Segment Start: Input data

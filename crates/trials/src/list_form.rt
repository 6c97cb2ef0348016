// Opening a list index: each refusal at its edge, and what the index is then.
use super::openings::{old, open_over, refused};
use faults::{Fault, Flaw, Form};
use list::{List, ListSource};
use sets::{Counting, Sort, Walking};
use std::process::Abort;
use std::test::Fail;

fn source<'a>(last: u32, numbers: &'a [u16]) -> ListSource<'a> {
    ListSource { last, numbers }
}

// Opens numbers in the place of another index.
fn opens(rt: &impl Abort, last: u32, numbers: &[u16], due: Result<(), Fault>) {
    let old = old(rt, List::empty(), source(3, &[1, 3]));
    let index = open_over(rt, old, source(last, numbers), due);
    if due.is_ok() {
        assert_eq!(rt; index.last(), last);
        assert_eq!(rt; index.rank(Sort::Members, last) as usize, numbers.len());
    }
}

#[test]
fn lawful_and_damaged(rt: HostRuntime) {
    let wrong = refused(Form::List, Flaw::Numbers, 0);
    let content = refused(Form::List, Flaw::Content, 1);
    let cases: [(u32, &[u16], Result<(), Fault>); 25] = [
        (0, &[], wrong),
        (0, &[0, 0, 0], wrong),
        (65536, &[1, 2, 3], wrong),
        (65536, &[3, 2, 1], wrong),
        (u32::MAX, &[], wrong),
        (1, &[], Ok(())),
        (1, &[1], Ok(())),
        (1, &[1, 2], content),
        (1, &[0], content),
        (1, &[2], content),
        (3, &[1, 2, 3], Ok(())),
        (2, &[1, 2, 3], content),
        (3, &[0, 1, 2], content),
        (3, &[1, 1, 2], content),
        (3, &[1, 2, 2], content),
        (3, &[1, 3, 2], content),
        (3, &[2, 1, 3], content),
        (3, &[1, 2, 0], content),
        (3, &[1, 2, 4], content),
        (65535, &[1, 65534, 65535], Ok(())),
        (65534, &[1, 65534, 65535], content),
        (65534, &[1, 65534], Ok(())),
        (65535, &[65535], Ok(())),
        (65535, &[65535, 65535], content),
        (65535, &[65535, 0], content),
    ];
    for (last, numbers, due) in cases {
        opens(&rt, last, numbers, due);
    }
}

#[test]
fn garage(rt: HostRuntime) {
    let numbers = [1, 2, 3, 8, 9, 10, 11];
    opens(&rt, 16, &numbers, Ok(()));
    opens(&rt, 11, &numbers, Ok(()));
    opens(&rt, 10, &numbers, refused(Form::List, Flaw::Content, 1));
    opens(&rt, 10, &numbers[..6], Ok(()));
}

// All 65,535 bays, and behind a 0.
#[test]
fn all_of_the_most_bays(rt: HostRuntime) -> Result<(), Fail> {
    let content = refused(Form::List, Flaw::Content, 1);
    let behind_zero: Vec<u16> = (0..=65535).collect(rt.alloc())?;
    let all: Vec<u16> = (1..=65535).collect(rt.alloc())?;
    let index = open_over(&rt, List::empty(), source(65535, &behind_zero), content);
    let index = open_over(&rt, index, source(65534, &all), content);
    assert_eq!(rt; index.last(), 1);
    let index = open_over(&rt, index, source(65535, &all), Ok(()));
    assert!(rt; index.holds(1) && index.holds(65535) && !index.holds(65536));
    assert_eq!(rt; index.rank(Sort::Members, u32::MAX), 65535);
    assert_eq!(rt; index.next(Sort::Others, 1), None);
    assert_eq!(rt; index.select(Sort::Members, 65535), Some(65535));
    assert_eq!(rt; index.select(Sort::Others, 1), None);
    Ok(())
}
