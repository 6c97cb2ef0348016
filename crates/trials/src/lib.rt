// Tables of openings and of calls of a round at their edges.
#![tactic(auto)]

#[cfg(test)]
mod calls;
#[cfg(test)]
mod list_form;
#[cfg(test)]
mod openings;
#[cfg(test)]
mod pairs;
#[cfg(test)]
mod pioneer_form;
#[cfg(test)]
mod plain_form;
#[cfg(test)]
mod zombit_form;
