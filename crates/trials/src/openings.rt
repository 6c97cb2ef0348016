// Opening an index of any form, in the place of another.
use faults::{Fault, Flaw, Form};
use opening::Opens;
use std::process::Abort;

pub(crate) fn refused(form: Form, flaw: Flaw, part: u8) -> Result<(), Fault> {
    Err(Fault { flaw, form, part })
}

// The index of a lawful source.
pub(crate) fn opened<X: Opens>(rt: &impl Abort, empty: X, source: X::Source) -> X {
    let mut index = empty;
    assert_eq!(rt; index.open(source), Ok(()));
    index
}

// The index of a lawful source of the bays 1 to 3, of which 1 and 3 are members.
pub(crate) fn old<X: Opens>(rt: &impl Abort, empty: X, source: X::Source) -> X {
    let old = opened(rt, empty, source);
    assert_eq!(rt; old.last(), 3);
    assert!(rt; old.holds(1) && !old.holds(2) && old.holds(3));
    old
}

// Opens a source in the place of an old index, which is still there after a refusal.
pub(crate) fn open_over<X: Opens + PartialEq>(
    rt: &impl Abort,
    old: X,
    source: X::Source,
    due: Result<(), Fault>,
) -> X {
    let mut index = old;
    assert_eq!(rt; index.open(source), due);
    assert!(rt; due.is_ok() || index == old);
    index
}
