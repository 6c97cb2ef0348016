// Opening a pioneer index: each refusal at its edge, and what the index is then.
use super::openings::{old, open_over, refused};
use faults::{Fault, Flaw, Form};
use pioneer::{Pioneer, PioneerSource};
use sets::{Counting, Sort, Walking};
use std::process::Abort;

fn source<'a>(last: u32, count: u32, starts: &'a [u8], sums: &'a [u8]) -> PioneerSource<'a> {
    PioneerSource {
        last,
        count,
        starts,
        sums,
    }
}

// Opens two parts in the place of another index.
fn opens(
    rt: &impl Abort,
    last: u32,
    count: u32,
    starts: &[u8],
    sums: &[u8],
    due: Result<(), Fault>,
) {
    let old = old(rt, Pioneer::empty(), source(3, 2, &[5], &[3]));
    let index = open_over(rt, old, source(last, count, starts, sums), due);
    if due.is_ok() {
        assert_eq!(rt; index.last(), last);
        assert_eq!(rt; index.rank(Sort::Members, u32::MAX), count);
    }
}

#[test]
fn lawful_ones(rt: HostRuntime) {
    opens(&rt, 16, 7, &[129, 0], &[68], Ok(()));
    opens(&rt, 11, 7, &[129, 0], &[68], Ok(()));
    opens(&rt, 9, 7, &[17, 0], &[68], Ok(()));
    opens(&rt, 3, 0, &[0], &[], Ok(()));
    opens(&rt, 1, 0, &[0], &[], Ok(()));
    opens(&rt, 1, 1, &[1], &[1], Ok(()));
    opens(&rt, 3, 3, &[1], &[4], Ok(()));
}

#[test]
fn wrong_numbers(rt: HostRuntime) {
    let due = refused(Form::Pioneer, Flaw::Numbers, 0);
    opens(&rt, 0, 0, &[], &[], due);
    opens(&rt, 0, 1, &[0], &[1], due);
    opens(&rt, 65536, 0, &[0], &[], due);
    opens(&rt, u32::MAX, 0, &[], &[], due);
    opens(&rt, 1, 2, &[1], &[2], due);
    opens(&rt, 16, 17, &[129, 0], &[68], due);
    opens(&rt, 16, u32::MAX, &[129, 0], &[68], due);
}

#[test]
fn wrong_lengths(rt: HostRuntime) {
    let first = refused(Form::Pioneer, Flaw::Length, 1);
    let second = refused(Form::Pioneer, Flaw::Length, 2);
    opens(&rt, 16, 7, &[129], &[68], first);
    opens(&rt, 16, 7, &[129, 0, 0], &[68], first);
    opens(&rt, 8, 3, &[], &[4], first);
    opens(&rt, 9, 3, &[1], &[4], first);
    opens(&rt, 16, 7, &[], &[], first);
    opens(&rt, 16, 7, &[129, 0], &[], second);
    opens(&rt, 16, 7, &[129, 0], &[68, 0], second);
    opens(&rt, 3, 0, &[0], &[0], second);
    opens(&rt, 16, 9, &[1, 0], &[0], second);
    // Lengths are asked before contents.
    opens(&rt, 3, 2, &[255], &[], second);
}

#[test]
fn spare_bits(rt: HostRuntime) {
    let first = refused(Form::Pioneer, Flaw::Content, 1);
    let second = refused(Form::Pioneer, Flaw::Content, 2);
    opens(&rt, 3, 2, &[13], &[3], first);
    opens(&rt, 15, 7, &[129, 128], &[68], first);
    opens(&rt, 1, 0, &[2], &[], first);
    opens(&rt, 3, 2, &[5], &[7], second);
    opens(&rt, 16, 7, &[129, 0], &[196], second);
    opens(&rt, 3, 2, &[13], &[7], first);
    // Contents are asked before the runs.
    opens(&rt, 3, 1, &[0], &[2], second);
}

#[test]
fn unlawful_runs(rt: HostRuntime) {
    let due = refused(Form::Pioneer, Flaw::Unlawful, 2);
    // More sums than runs, and more runs than sums.
    opens(&rt, 16, 7, &[129, 0], &[76], due);
    opens(&rt, 16, 7, &[129, 0], &[64], due);
    opens(&rt, 16, 7, &[0, 0], &[64], due);
    opens(&rt, 3, 0, &[1], &[], due);
    // The last sum is not the number of members.
    opens(&rt, 16, 7, &[129, 0], &[36], due);
    opens(&rt, 16, 7, &[0, 0], &[0], due);
    // A run past the last bay.
    opens(&rt, 10, 7, &[129, 0], &[68], due);
    opens(&rt, 3, 2, &[4], &[2], due);
    // A run that touches the next, and one that reaches into it.
    opens(&rt, 16, 7, &[9, 0], &[68], due);
    opens(&rt, 16, 7, &[5, 0], &[68], due);
    opens(&rt, 16, 7, &[3, 0], &[68], due);
}

#[test]
fn the_largest(rt: HostRuntime) {
    let numbers = refused(Form::Pioneer, Flaw::Numbers, 0);
    let content = refused(Form::Pioneer, Flaw::Content, 2);
    let unlawful = refused(Form::Pioneer, Flaw::Unlawful, 2);
    // One run of all bays.
    let mut starts = [0; 8192];
    let mut sums = [0; 8192];
    starts[0] = 1;
    sums[8191] = 64;
    opens(&rt, 65535, 65535, &starts, &sums, Ok(()));
    opens(&rt, 65535, 65534, &starts, &sums, content);
    opens(&rt, 65534, 65535, &starts, &sums, numbers);
    // As many runs as there can be.
    let odd = [85; 8192];
    let all = [255; 4096];
    opens(&rt, 65535, 32768, &odd, &all, Ok(()));
    opens(&rt, 65535, 32760, &odd, &all[..4095], unlawful);
}
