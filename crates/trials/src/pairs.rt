// Opening a pair of each form: each side damaged in turn, and what the two indexes are then.
use super::openings::{old, opened};
use super::plain_form::source;
use faults::{Fault, Flaw, Form};
use list::{List, ListSource};
use opening::{Opens, PairFault, Side, open_pair};
use pioneer::{Pioneer, PioneerSource};
use plain::Plain;
use sets::Walking;
use std::process::Abort;
use zombit::{Zombit, ZombitSource};

fn refused(side: Side, flaw: Flaw, part: u8) -> Result<(), PairFault> {
    let form = Form::Plain;
    Err(PairFault {
        side,
        fault: Fault { flaw, form, part },
    })
}

// Opens two sources in the places of two indexes, which are still there after a refusal.
fn open_over<X: Opens + PartialEq>(
    rt: &impl Abort,
    old: (X, X),
    sources: (X::Source, X::Source),
    due: Result<(), PairFault>,
) -> (X, X) {
    let (mut f, mut c) = old;
    assert_eq!(rt; open_pair(&mut f, &mut c, sources.0, sources.1), due);
    assert!(rt; due.is_ok() || f == old.0 && c == old.1);
    (f, c)
}

#[test]
fn pairs(rt: HostRuntime) {
    let old_f = old(&rt, Plain::empty(), source(3, &[5]));
    let old_c = opened(&rt, Plain::empty(), source(3, &[2]));
    assert_eq!(rt; old_c.last(), 3);
    assert!(rt; !old_c.holds(1) && old_c.holds(2) && !old_c.holds(3));
    let cases = [
        (8, 8, Ok(())),
        (8, 4, Ok(())),
        (0, 8, refused(Side::F, Flaw::Numbers, 0)),
        (9, 8, refused(Side::F, Flaw::Length, 1)),
        (7, 8, refused(Side::F, Flaw::Content, 1)),
        (8, 65536, refused(Side::C, Flaw::Numbers, 0)),
        (8, 9, refused(Side::C, Flaw::Length, 1)),
        (8, 1, refused(Side::C, Flaw::Content, 1)),
        (7, 0, refused(Side::F, Flaw::Content, 1)),
        (9, 1, refused(Side::F, Flaw::Length, 1)),
        (0, 0, refused(Side::F, Flaw::Numbers, 0)),
    ];
    for (f_last, c_last, due) in cases {
        let sources = (source(f_last, &[128]), source(c_last, &[2]));
        let (f, c) = open_over(&rt, (old_f, old_c), sources, due);
        if due.is_ok() {
            assert!(rt; f.last() == f_last && c.last() == c_last);
            assert!(rt; f.holds(8) && !f.holds(2) && c.holds(2) && !c.holds(8));
        }
    }
}

// Opens two sources over copies of an index of one bay: of 16 bays where there is no fault.
fn open_sources<X: Opens + PartialEq>(
    rt: &impl Abort,
    empty: X,
    f_source: X::Source,
    c_source: X::Source,
    due: Result<(), PairFault>,
) {
    let (f, c) = open_over(rt, (empty, empty), (f_source, c_source), due);
    let last = if due.is_ok() { 16 } else { 1 };
    assert!(rt; f.last() == last && c.last() == last);
}

// A lawful source of 16 bays, and a damaged one, on either side.
fn each_side<X: Opens + PartialEq>(
    rt: &impl Abort,
    empty: X,
    lawful: X::Source,
    damaged: X::Source,
    fault: Fault,
) {
    let of_f = Err(PairFault {
        side: Side::F,
        fault,
    });
    let of_c = Err(PairFault {
        side: Side::C,
        fault,
    });
    open_sources(rt, empty, lawful, lawful, Ok(()));
    open_sources(rt, empty, damaged, lawful, of_f);
    open_sources(rt, empty, lawful, damaged, of_c);
    open_sources(rt, empty, damaged, damaged, of_f);
}

fn fault(flaw: Flaw, form: Form, part: u8) -> Fault {
    Fault { flaw, form, part }
}

#[test]
fn pairs_of_lists(rt: HostRuntime) {
    let lawful = ListSource {
        last: 16,
        numbers: &[1, 2, 3, 8, 9, 10, 11],
    };
    let damaged = ListSource {
        numbers: &[2, 1],
        ..lawful
    };
    let due = fault(Flaw::Content, Form::List, 1);
    each_side(&rt, List::empty(), lawful, damaged, due);
}

#[test]
fn pairs_in_blocks(rt: HostRuntime) {
    let lawful = ZombitSource {
        last: 16,
        size: 2,
        uniform: &[213],
        marked: &[59],
        mixed: &[25],
    };
    let small = ZombitSource { size: 1, ..lawful };
    let full = ZombitSource {
        mixed: &[27],
        ..lawful
    };
    let unmarked = ZombitSource {
        marked: &[57],
        ..full
    };
    let cases = [
        (small, fault(Flaw::BlockSize, Form::Zombit, 0)),
        (unmarked, fault(Flaw::Unlawful, Form::Zombit, 2)),
        (full, fault(Flaw::Unlawful, Form::Zombit, 3)),
    ];
    for (damaged, due) in cases {
        each_side(&rt, Zombit::empty(), lawful, damaged, due);
    }
}

#[test]
fn pairs_of_runs(rt: HostRuntime) {
    let lawful = PioneerSource {
        last: 16,
        count: 7,
        starts: &[129, 0],
        sums: &[68],
    };
    let touching = PioneerSource {
        starts: &[9, 0],
        ..lawful
    };
    let due = fault(Flaw::Unlawful, Form::Pioneer, 2);
    each_side(&rt, Pioneer::empty(), lawful, touching, due);
}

Segment End: Input data

### Problem
Within the material above, transcribe exactly the lines that run from the line holding "fn unlawful_runs(rt: HostRuntime)" through the line holding "opens(&rt, 65535, 65534, &starts, &sums, content);".

### Answer space
fn unlawful_runs(rt: HostRuntime) {
    let due = refused(Form::Pioneer, Flaw::Unlawful, 2);
    // More sums than runs, and more runs than sums.
    opens(&rt, 16, 7, &[129, 0], &[76], due);
    opens(&rt, 16, 7, &[129, 0], &[64], due);
    opens(&rt, 16, 7, &[0, 0], &[64], due);
    opens(&rt, 3, 0, &[1], &[], due);
    // The last sum is not the number of members.
    opens(&rt, 16, 7, &[129, 0], &[36], due);
    opens(&rt, 16, 7, &[0, 0], &[0], due);
    // A run past the last bay.
    opens(&rt, 10, 7, &[129, 0], &[68], due);
    opens(&rt, 3, 2, &[4], &[2], due);
    // A run that touches the next, and one that reaches into it.
    opens(&rt, 16, 7, &[9, 0], &[68], due);
    opens(&rt, 16, 7, &[5, 0], &[68], due);
    opens(&rt, 16, 7, &[3, 0], &[68], due);
}

#[test]
fn the_largest(rt: HostRuntime) {
    let numbers = refused(Form::Pioneer, Flaw::Numbers, 0);
    let content = refused(Form::Pioneer, Flaw::Content, 2);
    let unlawful = refused(Form::Pioneer, Flaw::Unlawful, 2);
    // One run of all bays.
    let mut starts = [0; 8192];
    let mut sums = [0; 8192];
    starts[0] = 1;
    sums[8191] = 64;
    opens(&rt, 65535, 65535, &starts, &sums, Ok(()));
    opens(&rt, 65535, 65534, &starts, &sums, content);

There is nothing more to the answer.